Re: Dividend problem I also read the newsletter and it appears to suggest there are still sufficient funds in the revenue reserve to pay this level of dividend for the next couple of years. I've no problem with them maintaining the divi regardless of whether the source is the revenue or capital reserve. the way other trusts, notably RIT, regularly dig into capital for dividend payments - it's more a function of the type of investments they hold. Finally PAT, or more precisely Sebastian Lyons at Troy, have taken a very strong position re future market movements and their reward for success, or punishment for failure, will be vastly in excess of any small movements from capital to revenue.
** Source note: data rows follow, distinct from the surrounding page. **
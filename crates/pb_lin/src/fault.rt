// Why a constraint wasn't made.
use scut_base::NoMemory;
use thiserror::Error;

/// Why a constraint wasn't made.
#[derive(Clone, Copy, Debug, PartialEq, Eq, Error)]
pub enum LinFault {
    /// It would be too large.
    #[error("the constraint is too large")]
    Overflow,
    /// Memory was refused.
    #[error("memory was refused")]
    NoMemory,
}

impl From<NoMemory> for LinFault {
    ghost use Rattle.std.specs.Prelude.{◌≡◌};
    ghost use Rattle.pb_lin.specs.declared.fault.LinFault.TheVariants.{NoMemory};

    ghost from_gives = { λ _ e. e ≡ NoMemory };

    fn from(_: NoMemory) -> LinFault {
        LinFault::NoMemory
    }
}
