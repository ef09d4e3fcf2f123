// Partial assignments that constraints can't extend, whatever their length.
ghost use Rattle.pb_lin.specs.Propagation.{ClosedAtAnyLength, ConflictsAtOneLength};

/// Law: a partial assignment that is cut after the variables of the constraints, or has open variables at
/// its end, is closed for them exactly where it was.
pub fn closed_at_any_length()
    ensures { ClosedAtAnyLength }
{}

/// Law: constraints over the variables 1 to n conflict by propagation exactly where no partial
/// assignment of length n is closed for them.
pub fn conflicts_at_one_length()
    ensures { ConflictsAtOneLength }
{}
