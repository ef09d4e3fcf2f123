// Substitutions.
ghost use Rattle.std.specs.Prelude.{◌≡◌, ◌<◌, if◌then◌else◌, AllPairs, Bool, List};
ghost use Rattle.pb_lin.specs.Place.{IsPlace};
ghost use Rattle.pb_lin.specs.Substitution.{IsWitness, has_image, image_of, image_true, opposite_image, touches, true_under};

use crate::Constraint;
use scut_base::{Duplicate, Items, Lit, NoMemory};
use std::alloc::Global;
use std::marker::Model;

/// What stands for a variable.
#[derive(Clone, Copy, Debug, PartialEq, Eq)]
pub enum Image {
    /// The variable is false.
    Zero,
    /// The variable is true.
    One,
    /// The variable is as true as this literal.
    Lit(Lit),
}

impl Duplicate for Image {
    fn copy(&self, _alloc: Global) -> Result<Image, NoMemory> {
        Ok(*self)
    }
}

/// A substitution: variables, in rising order, with what stands for each. It is the witness of
/// redundance-based strengthening (Gocht and Nordström 2021).
#[derive(Debug, Drop)]
pub struct Witness {
    images: Items<(u64, Image)>,
}

impl Model for Witness {
    ghost use Rattle.pb_lin.specs.Substitution.{Images, IsWitness};

    ghost Value = { Images };

    ghost view = { λ w. w.images };

    ghost invariant = { λ w. IsWitness w.images };
}

impl Witness {
    /// The substitution of these images, whose variables rise. Takes no memory.
    pub fn from_images(images: Items<(u64, Image)>) -> Witness
        requires { IsWitness images }
        ensures { result ≡ images }
    {
        Witness { images }
    }

    /// The variables with their images, in rising order.
    pub fn images(&self) -> &[(u64, Image)]
        ensures value { result.now ≡ self.now }
        ensures rising { IsWitness self.now }
    {
        self.images.as_slice()
    }

    /// Whether the variable has an image. Takes a binary search.
    pub fn has_image(&self, var: u64) -> bool
        ensures { result ≡ has_image self.now var }
    {
        let images = self.images();
        let place = image_place(images, var);
        place < images.len() && images[place].0 == var
    }

    /// What stands for a literal: itself where its variable has no image. Takes a binary search.
    pub fn image_of(&self, lit: Lit) -> Image
        ensures value { result ≡ image_of self.now lit }
        ensures truth { (a : List Bool) → image_true a result ≡ true_under self.now a lit }
    {
        let images = self.images();
        let place = image_place(images, lit.var());
        if place < images.len() && images[place].0 == lit.var() {
            signed(images[place].1, lit.is_neg())
        } else {
            Image::Lit(lit)
        }
    }

    /// Whether some variable of the constraint has an image. Takes a binary search for each.
    pub fn touches(&self, c: &Constraint) -> bool
        ensures { result ≡ touches self.now c.now }
    {
        c.literals().iter().any(|lit| self.has_image(lit.var()))
    }
}

impl Duplicate for Witness {
    fn copy(&self, alloc: Global) -> Result<Witness, NoMemory> {
        Ok(Witness {
            images: Items::from_vec(Vec::from_slice(alloc, self.images.as_slice())?),
        })
    }
}

// The first place whose variable isn't below the given one, by binary search.
fn image_place(images: &[(u64, Image)], var: u64) -> usize
    requires { AllPairs (λ i j. i.0 < j.0) images.now }
    ensures { IsPlace (λ i. i.0) images.now var result }
{
    images.partition_point(|image| image.0 < var)
}

// An image, or that of the opposite literal.
fn signed(image: Image, neg: bool) -> Image
    ensures { result ≡ (if neg then opposite_image image else image) }
{
    if !neg {
        return image;
    }
    match image {
        Image::Zero => Image::One,
        Image::One => Image::Zero,
        Image::Lit(literal) => Image::Lit(literal.not()),
    }
}
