//! Pseudo-Boolean constraints in normal form, and what can be said and made of them.
//!
//! Its public contract: `normal`, `restricted` and `under` are the normal forms of what they are given,
//! `negated` holds exactly where the constraint doesn't, and a constraint that covers another implies
//! it. `Lines` is a finite map from ids to constraints. The crate knows no rule of a proof.
#![tactic(auto)]

mod constraint;
mod cost_row;
mod cover;
mod evaluate;
mod fault;
mod id_table;
mod lines;
mod negation;
mod normal;
mod parts;
mod problem;
mod propagation;
mod restriction;
mod size;
mod substitution;
mod witness;

pub use constraint::Constraint;
pub use cost_row::{CostRow, row_cost};
pub use cover::covering_implies;
pub use fault::LinFault;
pub use lines::Lines;
pub use negation::negation_holds_elsewhere;
pub use normal::{
    add_terms, normal_form_holds, normal_form_is_unique, normal_form_variables, same_excess,
};
pub use problem::PbProblem;
pub use propagation::{closed_at_any_length, conflicts_at_one_length};
pub use restriction::restriction_holds;
pub use size::SIZE_LIMIT;
pub use substitution::{substitution_holds, substitution_variables};
pub use witness::{Image, Witness};
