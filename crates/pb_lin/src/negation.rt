// The negation of a constraint.
ghost use Rattle.std.specs.Prelude.{◌≡◌, ◌+◌, ◌≤◌, ◌<◌, ◌^◌, ◌↔◌, List, Bool, map, IfOk, IsErrOf};
ghost use Rattle.pb_lin.specs.Constraint.{ConstraintValue, IsNormal, Holds, opposite, opposite_terms, total, size, negation};

use crate::{Constraint, LinFault, SIZE_LIMIT};
use scut_base::{Items, Lit, NoMemory};
use std::alloc::Global;

impl Constraint {
    /// The constraint that holds exactly where this one doesn't: the opposite literals, and a degree of
    /// one above what this one's falls short of the sum of its coefficients. `Overflow` where its size
    /// would exceed 2^100, `NoMemory` where memory was refused. Costs one pass over the terms, and the
    /// memory of a copy.
    pub fn negated(&self, alloc: Global) -> Result<Constraint, LinFault>
        ensures value { IfOk result (λ c. c ≡ negation self.now) }
        ensures overflow { IsErrOf result LinFault.Overflow ↔ (2 ^ 100 < size (negation self.now)) }
    {
        let total = self.total();
        let degree = (total + 1).saturating_sub(self.degree());
        if total + degree > SIZE_LIMIT {
            return Err(LinFault::Overflow);
        }
        let negation = self.opposite(alloc, degree)?;
        Ok(negation)
    }

    // The opposite literals with these coefficients, and another degree.
    fn opposite(&self, alloc: Global, degree: u128) -> Result<Constraint, NoMemory>
        requires { total self.now.terms + degree ≤ 2 ^ 100 }
        ensures { IfOk result
            (λ c. c ≡ record { terms = opposite_terms self.now.terms; degree = degree }) }
    {
        let lits = opposite_literals(alloc, self.parts.literals())?;
        Ok(Constraint {
            parts: self.parts.replaced(alloc, lits, degree)?,
        })
    }
}

// The opposite of each literal.
fn opposite_literals(alloc: Global, lits: &[Lit]) -> Result<Items<Lit>, NoMemory>
    ensures { IfOk result (λ opposites. opposites ≡ map opposite lits.now) }
{
    let mut opposites = Items::with_capacity(alloc, lits.len())?;
    for lit in lits {
        opposites.push(lit.not())?;
    }
    Ok(opposites)
}

/// Law: the negation of a constraint holds exactly where the constraint doesn't.
pub fn negation_holds_elsewhere()
    ensures { (c : ConstraintValue) → IsNormal c.terms c.degree
        → (a : List Bool) → (Holds a (negation c) ↔ ¬ (Holds a c)) }
{}
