// What is left of a constraint where some literals are true.
ghost use Rattle.std.specs.Prelude.{◌≡◌, ◌≢◌, ◌<◌, ◌≤◌, ◌^◌, ◌↔◌, true, false, not, filter, sum_by, count_by, length, Bool, List, All, AllPairs, IfOk, IsTrue};
ghost use Rattle.std.specs.List.Sorted.{IsPermutation};
ghost use Rattle.scut_base.specs.Literal.{Literal};
ghost use Rattle.scut_base.specs.Assignment.{lit_true};
ghost use Rattle.pb_lin.specs.Constraint.{AreOnes, ConstraintValue, Holds, total};
ghost use Rattle.pb_lin.specs.Restriction.{restriction, is_set, is_among, met_value};
ghost use Rattle.pb_lin.specs.Place.{IsPlace};

use crate::Constraint;
use scut_base::{Items, Lit, NoMemory};
use std::alloc::Global;

impl Constraint {
    /// What is left where these literals, of distinct variables, are true: the terms of the other
    /// variables, and a degree that is lowered by the coefficients that are met, to no less than 0.
    /// Takes the time of a sort of the literals and of a search in them for each term.
    pub fn restricted(&self, alloc: Global, truths: &[Lit]) -> Result<Constraint, NoMemory>
        requires { AllPairs (λ l m. l.var ≢ m.var) truths.now }
        ensures { IfOk result (λ c. c ≡ restriction self.now truths.now) }
    {
        let sorted = sorted_literals(alloc, truths)?;
        if self.is_cardinality() {
            let rest = self.restricted_ones(alloc, &sorted)?;
            return Ok(rest);
        }
        let rest = self.restricted_terms(alloc, &sorted)?;
        Ok(rest)
    }

    // The same where all coefficients are 1, over literals of rising variables.
    fn restricted_ones(&self, alloc: Global, truths: &[Lit]) -> Result<Constraint, NoMemory>
        requires ones { AreOnes self.now.terms }
        requires rising { AllPairs (λ l m. l.var < m.var) truths.now }
        ensures { IfOk result (λ c. c ≡ restriction self.now truths.now) }
    {
        let (kept, met) = literals_left(alloc, self.literals(), truths)?;
        let degree = self.degree().saturating_sub(met as u128);
        Ok(Constraint::at_least(kept, degree))
    }

    // The same of any constraint, over literals of rising variables.
    fn restricted_terms(&self, alloc: Global, truths: &[Lit]) -> Result<Constraint, NoMemory>
        requires { AllPairs (λ l m. l.var < m.var) truths.now }
        ensures { IfOk result (λ c. c ≡ restriction self.now truths.now) }
    {
        let terms = self.to_terms(alloc)?;
        let (kept, met) = terms_left(alloc, terms.as_slice(), truths)?;
        let degree = self.degree().saturating_sub(met);
        let rest = Constraint::from_terms(alloc, kept.as_slice(), degree)?;
        Ok(rest)
    }
}

/// Law: at an assignment under which the given literals are true, what is left holds exactly where
/// the constraint does.
pub fn restriction_holds()
    ensures { (c : ConstraintValue) (truths : List Literal) (a : List Bool)
        → All (λ l. IsTrue (lit_true a l)) truths
        → (Holds a (restriction c truths) ↔ Holds a c) }
{}

// What becomes of a term.
#[derive(Clone, Copy, Debug, PartialEq, Eq)]
enum Fate {
    // Its variable stays open.
    Open,
    // Its literal is true.
    Met,
    // Its literal is false.
    Lost,
}

// These literals in rising order of variables.
fn sorted_literals(alloc: Global, truths: &[Lit]) -> Result<Vec<Lit>, NoMemory>
    requires { AllPairs (λ l m. l.var ≢ m.var) truths.now }
    ensures same { IfOk result (λ v. IsPermutation truths.now v.items) }
    ensures rising { IfOk result (λ v. AllPairs (λ l m. l.var < m.var) v.items) }
{
    let mut sorted = Vec::from_slice(alloc, truths)?;
    sorted.sort_unstable_by_key(|literal| literal.var());
    Ok(sorted)
}

// What becomes of a term of this literal.
fn fate_of(truths: &[Lit], literal: Lit) -> Fate
    requires { AllPairs (λ l m. l.var < m.var) truths.now }
    ensures open { (result ≡ Fate.Open) ↔ (is_set truths.now literal.var ≡ false) }
    ensures met { (result ≡ Fate.Met) ↔ (is_among truths.now literal ≡ true) }
{
    let place = literal_place(truths, literal.var());
    if place == truths.len() || truths[place].var() != literal.var() {
        return Fate::Open;
    }
    if truths[place].is_neg() == literal.is_neg() {
        Fate::Met
    } else {
        Fate::Lost
    }
}

// The first place whose variable isn't below the given one, by binary search.
fn literal_place(literals: &[Lit], var: u64) -> usize
    requires { AllPairs (λ l m. l.var < m.var) literals.now }
    ensures { IsPlace (λ l. l.var) literals.now var result }
{
    literals.partition_point(|literal| literal.var() < var)
}

// The literals that stay, and the number of those that are met.
fn literals_left(
    alloc: Global,
    literals: &[Lit],
    truths: &[Lit],
) -> Result<(Items<Lit>, usize), NoMemory>
    requires { AllPairs (λ l m. l.var < m.var) truths.now }
    ensures kept { IfOk result
        (λ r. r.0 ≡ filter (λ l. not (is_set truths.now l.var)) literals.now) }
    ensures met { IfOk result (λ r. r.1 ≡ count_by (is_among truths.now) literals.now) }
{
    let mut kept = Items::new(alloc);
    let mut met: usize = 0;
    for literal in literals {
        match fate_of(truths, *literal) {
            Fate::Open => kept.push(*literal)?,
            Fate::Met => met += 1,
            Fate::Lost => {}
        }
    }
    Ok((kept, met))
}

// The terms that stay, and the sum of the coefficients that are met.
fn terms_left(
    alloc: Global,
    terms: &[(Lit, u128)],
    truths: &[Lit],
) -> Result<(Items<(Lit, u128)>, u128), NoMemory>
    requires rising { AllPairs (λ l m. l.var < m.var) truths.now }
    requires small { total terms.now ≤ 2 ^ 100 }
    ensures kept { IfOk result
        (λ r. r.0 ≡ filter (λ t. not (is_set truths.now t.0.var)) terms.now) }
    ensures met { IfOk result (λ r. r.1 ≡ sum_by (met_value truths.now) terms.now) }
{
    let mut kept = Items::new(alloc);
    let mut met: u128 = 0;
    for term in terms {
        match fate_of(truths, term.0) {
            Fate::Open => kept.push(*term)?,
            Fate::Met => met += term.1,
            Fate::Lost => {}
        }
    }
    Ok((kept, met))
}
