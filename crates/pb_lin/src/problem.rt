// Problems: constraints, and sums to be minimised.
ghost use Rattle.std.specs.Prelude.{◌≡◌};
ghost use Rattle.pb_lin.specs.Problem.{IsProblem};

use crate::{Constraint, CostRow};
use scut_base::{Duplicate, Items, NoMemory};
use std::alloc::Global;
use std::marker::Model;

/// Constraints over the variables 1 to `vars`, and sums to be minimised: fewer than 2^33 variables, at
/// most 2^34 constraints, each of a size of at most 2^66, and at most 64 sums.
#[derive(Debug, Drop)]
pub struct PbProblem {
    vars: u64,
    rows: Items<Constraint>,
    costs: Items<CostRow>,
}

impl Model for PbProblem {
    ghost use Rattle.pb_lin.specs.Problem.{ProblemValue, IsProblem};

    ghost Value = { ProblemValue };

    ghost view = { λ p. record { vars = p.vars; rows = p.rows; costs = p.costs } };

    ghost invariant = { λ p. IsProblem (record { vars = p.vars; rows = p.rows; costs = p.costs }) };
}

impl PbProblem {
    /// The problem of these parts. Takes no memory.
    pub fn from_parts(vars: u64, rows: Items<Constraint>, costs: Items<CostRow>) -> PbProblem
        requires { IsProblem (record { vars = vars; rows = rows; costs = costs }) }
        ensures { result ≡ record { vars = vars; rows = rows; costs = costs } }
    {
        PbProblem { vars, rows, costs }
    }

    /// The number of variables. Its second clause tells the limits of the whole.
    pub fn vars(&self) -> u64
        ensures value { result ≡ self.now.vars }
        ensures problem { IsProblem self.now }
    {
        self.vars
    }

    /// The constraints, in order.
    pub fn rows(&self) -> &[Constraint]
        ensures { result.now ≡ self.now.rows }
    {
        self.rows.as_slice()
    }

    /// The sums to be minimised, in order.
    pub fn costs(&self) -> &[CostRow]
        ensures { result.now ≡ self.now.costs }
    {
        self.costs.as_slice()
    }
}

impl Duplicate for PbProblem {
    fn copy(&self, alloc: Global) -> Result<PbProblem, NoMemory> {
        Ok(PbProblem {
            vars: self.vars,
            rows: self.rows.copy(alloc)?,
            costs: self.costs.copy(alloc)?,
        })
    }
}
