// The parts of a constraint, in little room for clauses and cardinalities.
ghost use Rattle.std.specs.Prelude.{◌≡◌, ◌↔◌, ◌<◌, ◌≤◌, [], length, take, IsTrue, IfOk, slice_index_or};
ghost use Rattle.scut_base.specs.Literal.{Literal};
ghost use Rattle.pb_lin.specs.Parts.{PartsValue};

use scut_base::{Duplicate, Items, Lit, NoMemory, boxed};
use std::alloc::Global;
use std::marker::Model;

// As many literals of a clause stand in the constraint itself.
const MOST_INLINE: usize = 4;

// Each half of a degree is below this.
const HALF_LIMIT: u128 = 1 << 64;

// Literals, their coefficients in order, none where all are 1, and a degree. Takes 48 bytes; besides, a list of the
// literals but for clauses of one to four, and a box where there are coefficients.
#[derive(Debug, Drop)]
pub(crate) struct Parts {
    kind: Kind,
}

#[derive(Debug, Drop)]
enum Kind {
    // A clause of the first literals, as many as `len` says.
    Short {
        len: usize,
        lits: [Lit; 4],
    },
    // No coefficients. The degree stands in two halves, since a `u128` has to stand at a multiple of 16
    // bytes, which would make each constraint 16 bytes larger.
    Ones {
        lits: Items<Lit>,
        low: u64,
        high: u64,
    },
    Mixed {
        lits: Items<Lit>,
        weights: Box<Weights>,
    },
}

#[derive(Debug, Drop)]
struct Weights {
    coefs: Items<u128>,
    degree: u128,
}

impl Model for Parts {
    ghost use Rattle.pb_lin.specs.Parts.{PartsValue, parts_of, IsInRoom};

    ghost Value = { PartsValue };

    ghost view = { λ p. parts_of p.kind };

    ghost invariant = { λ p. IsInRoom p.kind };
}

impl Parts {
    // No coefficients. Takes no memory.
    pub(crate) fn ones(lits: Items<Lit>, degree: u128) -> Parts
        ensures { result ≡ record { lits = lits; coefs = []; degree = degree } }
    {
        let len = lits.len();
        if degree == 1 && len > 0 && len <= MOST_INLINE {
            return Parts::short(lits.as_slice());
        }
        let kind = Kind::Ones {
            lits,
            low: (degree % HALF_LIMIT) as u64,
            high: (degree / HALF_LIMIT) as u64,
        };
        Parts { kind }
    }

    // A clause of one to four literals.
    fn short(lits: &[Lit]) -> Parts
        requires some { 0 < length lits.now }
        requires few { length lits.now ≤ 4 }
        ensures { result ≡ record { lits = lits.now; coefs = []; degree = 1 } }
    {
        let first = lits[0];
        let kind = Kind::Short {
            len: lits.len(),
            lits: [
                first,
                lit_or(lits, 1, first),
                lit_or(lits, 2, first),
                lit_or(lits, 3, first),
            ],
        };
        Parts { kind }
    }

    // With these coefficients. Takes memory for a box where there are any.
    pub(crate) fn new(
        alloc: Global,
        lits: Items<Lit>,
        coefs: Items<u128>,
        degree: u128,
    ) -> Result<Parts, NoMemory>
        ensures { IfOk result (λ p. p ≡ record { lits = lits; coefs = coefs; degree = degree }) }
    {
        if coefs.is_empty() {
            return Ok(Parts::ones(lits, degree));
        }
        let weights = boxed(alloc, Weights { coefs, degree })?;
        Ok(Parts {
            kind: Kind::Mixed { lits, weights },
        })
    }

    // The literals.
    pub(crate) fn literals(&self) -> &[Lit]
        ensures { result.now ≡ self.now.lits }
    {
        match &self.kind {
            Kind::Short { len, lits } => &lits[..*len],
            Kind::Ones { lits, .. } => lits.as_slice(),
            Kind::Mixed { lits, .. } => lits.as_slice(),
        }
    }

    // The degree.
    pub(crate) fn degree(&self) -> u128
        ensures { result ≡ self.now.degree }
    {
        match &self.kind {
            Kind::Short { .. } => 1,
            Kind::Ones { low, high, .. } => *high as u128 * HALF_LIMIT + *low as u128,
            Kind::Mixed { weights, .. } => weights.degree,
        }
    }

    // Whether there are no coefficients. Takes constant time.
    pub(crate) fn is_ones(&self) -> bool
        ensures { IsTrue result ↔ (self.now.coefs ≡ []) }
    {
        match &self.kind {
            Kind::Short { .. } => true,
            Kind::Ones { .. } => true,
            Kind::Mixed { weights, .. } => weights.coefs.is_empty(),
        }
    }

    // The coefficients.
    pub(crate) fn coefficients(&self) -> &[u128]
        ensures { result.now ≡ self.now.coefs }
    {
        match &self.kind {
            Kind::Short { .. } => &[],
            Kind::Ones { .. } => &[],
            Kind::Mixed { weights, .. } => weights.coefs.as_slice(),
        }
    }

    // The coefficient at a place, which is 1 past the end.
    pub(crate) fn coefficient(&self, at: usize) -> u128
        ensures { result ≡ slice_index_or self.now.coefs at 1 }
    {
        coefficient(self.coefficients(), at)
    }

    // The same coefficients, with other literals and another degree.
    pub(crate) fn replaced(
        &self,
        alloc: Global,
        lits: Items<Lit>,
        degree: u128,
    ) -> Result<Parts, NoMemory>
        ensures { IfOk result (λ p. p ≡ record { lits = lits; coefs = self.now.coefs; degree = degree }) }
    {
        let coefs = Vec::from_slice(alloc, self.coefficients())?;
        Parts::new(alloc, lits, Items::from_vec(coefs), degree)
    }
}

impl Duplicate for Parts {
    fn copy(&self, alloc: Global) -> Result<Parts, NoMemory> {
        let kind = match &self.kind {
            Kind::Short { len, lits } => Kind::Short {
                len: *len,
                lits: *lits,
            },
            Kind::Ones { lits, low, high } => Kind::Ones {
                lits: lits.copy(alloc)?,
                low: *low,
                high: *high,
            },
            Kind::Mixed { lits, weights } => Kind::Mixed {
                lits: lits.copy(alloc)?,
                weights: boxed(alloc, weights.copy(alloc)?)?,
            },
        };
        Ok(Parts { kind })
    }
}

impl Duplicate for Weights {
    fn copy(&self, alloc: Global) -> Result<Weights, NoMemory> {
        Ok(Weights {
            coefs: Items::from_vec(Vec::from_slice(alloc, self.coefs.as_slice())?),
            degree: self.degree,
        })
    }
}

// The literal at a place, or another one past the end.
fn lit_or(lits: &[Lit], at: usize, past: Lit) -> Lit
    ensures { result ≡ slice_index_or lits.now at past }
{
    if at < lits.len() { lits[at] } else { past }
}

// The coefficient at a place, which is 1 past the end.
pub(crate) fn coefficient(coefs: &[u128], at: usize) -> u128
    ensures { result ≡ slice_index_or coefs.now at 1 }
{
    if at < coefs.len() {
        return coefs[at];
    }
    1
}
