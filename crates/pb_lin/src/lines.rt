// Constraints by their ids.
ghost use Rattle.std.specs.Prelude.{◌≡◌, ◌+◌, ◌++◌, [], ◌∷◌, None, Some, MatchOption, OnOk, OnErr};
ghost use Rattle.std.specs.FinMap.{empty, get, insert, len, remove};
ghost use Rattle.pb_lin.specs.LineMap.{IsNextAbove, NoneAbove};

use crate::Constraint;
use crate::id_table::IdTable;
use scut_base::NoMemory;
use std::alloc::Global;
use std::marker::Model;

/// Constraints, found by their ids. Contracts see it as a finite map.
///
/// The constraints stand in a list in any order, and a table has for each id its place in it. The
/// table takes 4 bytes for each id up to the largest that was ever there, so it is meant for ids that
/// follow one another.
#[derive(Debug, Drop)]
pub struct Lines {
    table: IdTable,
    // The id of each of the constraints.
    ids: Vec<u32>,
    lines: Vec<Constraint>,
}

impl Model for Lines {
    ghost use Rattle.std.specs.Prelude.{length};
    ghost use Rattle.std.specs.List.{zip};
    ghost use Rattle.pb_lin.specs.LineMap.{LineMap, lines_of};
    ghost use Rattle.pb_lin.specs.LineCodes.{line_code};
    ghost use Rattle.pb_lin.specs.IdTable.{PlacesIds};

    ghost Value = { LineMap };

    ghost coded = { line_code };

    ghost view = { λ l. lines_of (zip l.ids.items l.lines.items) };

    ghost invariant = { λ l. PlacesIds l.table l.ids.items (length l.lines.items) };
}

impl Lines {
    /// No constraint yet. Takes no memory.
    pub fn new(alloc: Global) -> Lines
        ensures { result ≡ empty }
    {
        Lines {
            table: IdTable::new(alloc),
            ids: Vec::new(alloc),
            lines: Vec::new(alloc),
        }
    }

    /// The number of constraints.
    pub fn len(&self) -> usize
        ensures { result ≡ len self.now }
    {
        self.lines.len()
    }

    /// The constraint of an id, in constant time.
    pub fn get(&self, id: u64) -> Option<&Constraint>
        ensures { MatchOption result (get self.now id ≡ None) (λ c. get self.now id ≡ Some c.now) }
    {
        match self.table.place(id) {
            Some(place) => Some(&self.lines[place as usize]),
            None => None,
        }
    }

    /// The least id above `id` that has a constraint. Takes a binary search, and passes over ids that
    /// were dropped: a walk over all ids passes over no more of these than there are constraints.
    pub fn next_above(&self, id: u64) -> Option<u64>
        ensures { MatchOption result
            (NoneAbove (get self.now) id)
            (IsNextAbove (get self.now) id) }
    {
        self.table.next_above(id)
    }

    /// Gives an id this constraint, in place of the one that it had. `NoMemory` where memory was
    /// refused, or a new id is 2^32 - 1 or above, and then nothing changes. A new id takes a binary
    /// search, and those above it move.
    pub fn put(&mut self, id: u64, c: Constraint) -> Result<(), NoMemory>
        ensures ok { OnOk result (self.new ≡ insert self.old id c) }
        ensures err { OnErr result (self.new ≡ self.old) }
    {
        match self.table.place(id) {
            Some(place) => {
                self.lines[place as usize] = c;
                Ok(())
            }
            None => self.put_new(id, c),
        }
    }

    // Gives an id that has none this constraint.
    fn put_new(&mut self, id: u64, c: Constraint) -> Result<(), NoMemory>
        requires { get self.old id ≡ None }
        ensures ok { OnOk result (self.new ≡ insert self.old id c) }
        ensures err { OnErr result (self.new ≡ self.old) }
    {
        let place = self.lines.len() as u64;
        if id >= u32::MAX as u64 || place >= u32::MAX as u64 {
            return Err(NoMemory);
        }
        self.table.insert(id as u32, place as u32)?;
        if let Err(refused) = push_line(&mut self.ids, &mut self.lines, id as u32, c) {
            self.table.remove(id);
            return Err(refused);
        }
        Ok(())
    }

    /// Drops the constraint of an id; where there is none, nothing changes. Takes no memory, and
    /// constant time on average.
    pub fn drop_id(&mut self, id: u64)
        ensures { self.new ≡ remove self.old id }
    {
        let Some(place) = self.table.place(id) else {
            return;
        };
        // The last constraint takes the place of the dropped one.
        let last = self.ids[self.ids.len() - 1];
        self.table.change(last, place);
        self.table.remove(id);
        self.ids.swap_remove(place as usize);
        self.lines.swap_remove(place as usize);
        self.table.sweep(self.lines.len());
    }
}

// One more constraint with its id, or neither.
fn push_line(
    ids: &mut Vec<u32>,
    lines: &mut Vec<Constraint>,
    id: u32,
    c: Constraint,
) -> Result<(), NoMemory>
    ensures ids { OnOk result (ids.new.items ≡ ids.old.items ++ id ∷ []) }
    ensures lines { OnOk result (lines.new.items ≡ lines.old.items ++ c ∷ []) }
    ensures same_ids { OnErr result (ids.new.items ≡ ids.old.items) }
    ensures same_lines { OnErr result (lines.new.items ≡ lines.old.items) }
{
    ids.push(id)?;
    if lines.push(c).is_err() {
        let _ = ids.pop();
        return Err(NoMemory);
    }
    Ok(())
}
Dividend problem In the recent Newsletter the gloom just got gloomier. They can't afford the divi as the fund reduces equity exposure and goes even more heavily into cash proxies. The solution they conclude, is to maintain the divi by using capital (not very tax efficient) and to effectively repay this capital at some stage in the future. They feel that their investors value the divi at 1.4% ??? Call me old fashioned but this level of divi does not seem worth fighting for and better reduce it a little rather than nicking the low level of growth they forsee. My problem is I agree with many of their conclusions re prospects for the short and medium term and therefore will continue to hold - it just seems the way they are dealing with the divi problem could undermine their aim of preserving inflation adjusted capital by giving up some growth. I suspect the shareholders and board are of an older vintage and want to preserve the jam today!!
Personal Assets This is a great IT for those who want growth, but with some element of caution and international exposure thrown in.